33. The apparatus of claim 32, wherein said encoding scheme comprises a Huffman code.

34. The apparatus of claim 32, further comprising means for determining a number of bits to represent said encoding scheme based at least in part on an index value corresponding to said variance of distribution.

35. An article comprising: a storage medium having stored thereon instructions executable by a processor to:

generate one or more residual signal sample values corresponding to input signal sample values based at least in part on linear predication coding using linear prediction coefficients;

generate companded domain signal sample values based at least in part on said input signal sample values; and

generate companded domain residual signal sample values based at least in part on said companded domain signal sample values and said mapped signal sample values.

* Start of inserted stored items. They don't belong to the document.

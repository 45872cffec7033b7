//! What devices and registers need of their numbers.

ghost use Rattle.std.specs.Prelude.{◌≡◌, ◌<◌, ◌≤◌, ◌&&◌, ◌||◌, true, slice_index};
ghost use Rattle.gba_dma.specs.Consistency.{RunsAreEnabled};
ghost use Rattle.gba_psg.specs.Numbers.{tone_of};
ghost use Rattle.gba_psg.specs.Soundness.{AreSound};
ghost use Rattle.gba_psr.specs.Status.{IsStatus};
ghost use Rattle.gba_loose_devices.specs.Checks.{are_cleared as are_cleared_of, are_enabled_runs, are_in_range as are_in_range_of, are_silent as are_silent_of, are_sound_devices as are_sound_devices_of, are_sound_tones as are_sound_tones_of, has_status as has_status_of, is_enabled_run as is_enabled_run_of, is_position as is_position_of, is_silent_tone, is_sound_tone, is_status as is_status_of};
ghost use Rattle.gba_loose_devices.specs.Devices.{channel_poured, channels_poured};
ghost use Rattle.gba_loose_devices.specs.Sound.{tone_halves as tone_halves_of, tone_numbers as tone_numbers_of, tones_poured};
ghost use Rattle.gba_loose_devices.specs.Whole.{AreSoundDevices, registers_poured};

use crate::audio::{tone_halves, tone_numbers};
use crate::units::channel;
use crate::values::register;
use crate::video::place;
use gba_numbers::{Field, Numbers};
use gba_ppu_reg::Position;
use gba_psg::Tone;
use gba_word::{bit, bits};

/// Whether a channel is enabled if it is active.
fn is_enabled_run(numbers: &Numbers, io: &[u8; 1024], number: u32) -> bool
    requires { number < 4 }
    ensures { result ≡ is_enabled_run_of (channel_poured number numbers.now io.now) }
{
    let one = channel(numbers, io, number);
    !one.active || bit(u32::from(one.control), 15)
}

/// Whether all active DMA channels are enabled, as [`crate::channels`] takes them.
#[tactic(auto, unfolding(crate::specs::Devices::channels_poured))]
pub fn runs_are_enabled(numbers: &Numbers, io: &[u8; 1024]) -> bool
    ensures value { result ≡ are_enabled_runs (channels_poured numbers.now io.now) }
    ensures sound { result ≡ true → RunsAreEnabled (channels_poured numbers.now io.now) }
{
    is_enabled_run(numbers, io, 0)
        && is_enabled_run(numbers, io, 1)
        && is_enabled_run(numbers, io, 2)
        && is_enabled_run(numbers, io, 3)
}

/// The tone whose eight numbers begin at a place.
fn tone_at(first: usize, values: &[u32; 33]) -> Tone
    requires { first < 26 }
    ensures { result ≡ tone_of first values.now }
{
    Tone {
        on: values[first] == 1,
        place: values[first + 1],
        wait: values[first + 2],
        left: values[first + 3],
        volume: values[first + 4],
        fade: values[first + 5],
        sweep: values[first + 6],
        shadow: values[first + 7],
    }
}

/// Whether a tone of so many places has its numbers in range, cycles to wait and a length that is left.
#[tactic(auto, unfolding(crate::specs::Checks::is_sound_tone))]
fn is_sound(places: u32, tone: Tone) -> bool
    ensures { result ≡ is_sound_tone places tone }
{
    tone.place < places
        && tone.wait < 0x100_0000
        && tone.left <= 256
        && tone.volume < 16
        && tone.fade < 8
        && tone.sweep < 8
        && tone.shadow < 2048
        && (!tone.on || (0 < tone.wait && 0 < tone.left))
}

/// Whether a tone is as at reset.
#[tactic(auto, unfolding(crate::specs::Checks::is_silent_tone))]
fn is_silent(tone: Tone) -> bool
    ensures { result ≡ is_silent_tone tone }
{
    !tone.on
        && tone.place == 0
        && tone.wait == 0
        && tone.left == 0
        && tone.volume == 0
        && tone.fade == 0
        && tone.sweep == 0
        && tone.shadow == 0
}

/// Whether the tones' numbers are in range.
#[tactic(auto, unfolding(crate::specs::Checks::are_in_range))]
fn are_in_range(values: &[u32; 33]) -> bool
    ensures { result ≡ are_in_range_of values.now }
{
    values[0] < 0x4_0000
        && is_sound(8, tone_at(1, values))
        && is_sound(8, tone_at(9, values))
        && is_sound(64, tone_at(17, values))
        && is_sound(0x8000, tone_at(25, values))
}

/// Whether they are those of tones at reset.
#[tactic(auto, unfolding(crate::specs::Checks::are_silent))]
fn are_silent(values: &[u32; 33]) -> bool
    ensures { result ≡ are_silent_of values.now }
{
    values[0] == 0
        && is_silent(tone_at(1, values))
        && is_silent(tone_at(9, values))
        && is_silent(tone_at(17, values))
        && is_silent(tone_at(25, values))
}

/// Whether the halfwords are 0 that are to be while the master enable is 0.
#[tactic(auto, unfolding(crate::specs::Checks::are_cleared))]
fn are_cleared(halves: &[u16; 13]) -> bool
    ensures { result ≡ are_cleared_of halves.now }
{
    halves[0] == 0
        && halves[1] == 0
        && halves[2] == 0
        && halves[3] == 0
        && halves[4] == 0
        && halves[5] == 0
        && halves[6] == 0
        && halves[7] == 0
        && halves[8] == 0
        && halves[9] == 0
        && halves[10] == 0
}

/// Whether tones of these numbers and halfwords are sound, whatever the wave is.
#[tactic(auto, unfolding(crate::specs::Checks::are_sound_tones))]
fn are_sound(values: &[u32; 33], halves: &[u16; 13]) -> bool
    ensures { result ≡ are_sound_tones_of values.now halves.now }
{
    are_in_range(values)
        && (bit(u32::from(halves[12]), 7) || (are_silent(values) && are_cleared(halves)))
}

/// Whether the tones are sound, as [`crate::tones`] takes them.
pub fn tones_are_sound(numbers: &Numbers, io: &[u8; 1024]) -> bool
    ensures value { result ≡ are_sound_tones_of (tone_numbers_of numbers.now) (tone_halves_of io.now) }
    ensures sound { result ≡ true → AreSound (tones_poured numbers.now io.now) }
{
    are_sound(&tone_numbers(numbers), &tone_halves(io))
}

/// Whether a place is one of the picture.
fn is_position(place: Position) -> bool
    ensures { result ≡ is_position_of place }
{
    place.line < 228 && place.dot < 1232
}

/// Whether the devices are such as [`crate::devices`] takes: active DMA channels are enabled, the tones are sound, the
/// place is one of the picture, and the clock is below 2^63.
#[tactic(auto, unfolding(gba_numbers::specs::Fields::is_field, gba_numbers::specs::Fields::place_of, gba_numbers::specs::Numbers::is_there))]
pub fn are_sound_devices(numbers: &Numbers, io: &[u8; 1024]) -> bool
    ensures value { result ≡ are_sound_devices_of numbers.now io.now }
    ensures sound { result ≡ true → AreSoundDevices numbers.now io.now }
{
    runs_are_enabled(numbers, io)
        && tones_are_sound(numbers, io)
        && is_position(place(numbers))
        && numbers.value(Field::Clock) < 0x8000_0000_0000_0000
}

/// Whether a number has no bits but the stored ones of a status, and one of the seven modes.
fn is_status(status: u32) -> bool
    ensures { result ≡ is_status_of status }
{
    let kept = (bits(status, 28, 4) << 28) + bits(status, 0, 8);
    kept == status
        && matches!(
            bits(status, 0, 5),
            0x10 | 0x11 | 0x12 | 0x13 | 0x17 | 0x1b | 0x1f
        )
}

/// Whether CPSR is one that [`crate::registers`] takes.
pub fn has_status(numbers: &Numbers) -> bool
    ensures value { result ≡ has_status_of numbers.now }
    ensures sound { result ≡ true → IsStatus (slice_index (registers_poured numbers.now) 31) }
{
    is_status(register(numbers, 31))
}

36. The article of claim 35, wherein said instructions are further executable by said processor to encode said companded domain residual signal sample values.

37. The article of claim 36, wherein said instructions are further executable by said processor to encode said companded domain residual signal sample values based at least in part on an estimate of a variance of said companded domain residual signal sample values.

38. The article of claim 35, wherein said instructions are further executable by said processor to encode said linear prediction coefficients.

39. The article of claim 38, wherein said instructions are further executable by said processor to encode said linear prediction coefficients in accordance with G.711.

40. The article of claim 35, wherein said instructions are further executable by said processor to Rice code said companded residual signal sample values.

41. The article of claim 35, wherein said instructions are further executable by said processor to determine an absolute moment of sample-based estimates of probabilities of said companded domain residual signal sample values.

42. The article of claim 41, wherein said instructions are further executable by said processor to determine a variance of distribution of said sample-based estimates of probabilities of said companded domain residual signal sample values based at least in part on said absolute moment.

43. The article of claim 42, wherein said instructions are further executable by said processor to select an encoding scheme for encoding said residual signal sample values based at least in part on said variance of distribution.

44. The article of claim 43, wherein said encoding scheme comprises a Huffman code.

45. The article of claim 43, wherein said instructions are further executable by said processor to determine a number of bits to represent said encoding scheme based at least in part on an index value corresponding to said variance of distribution.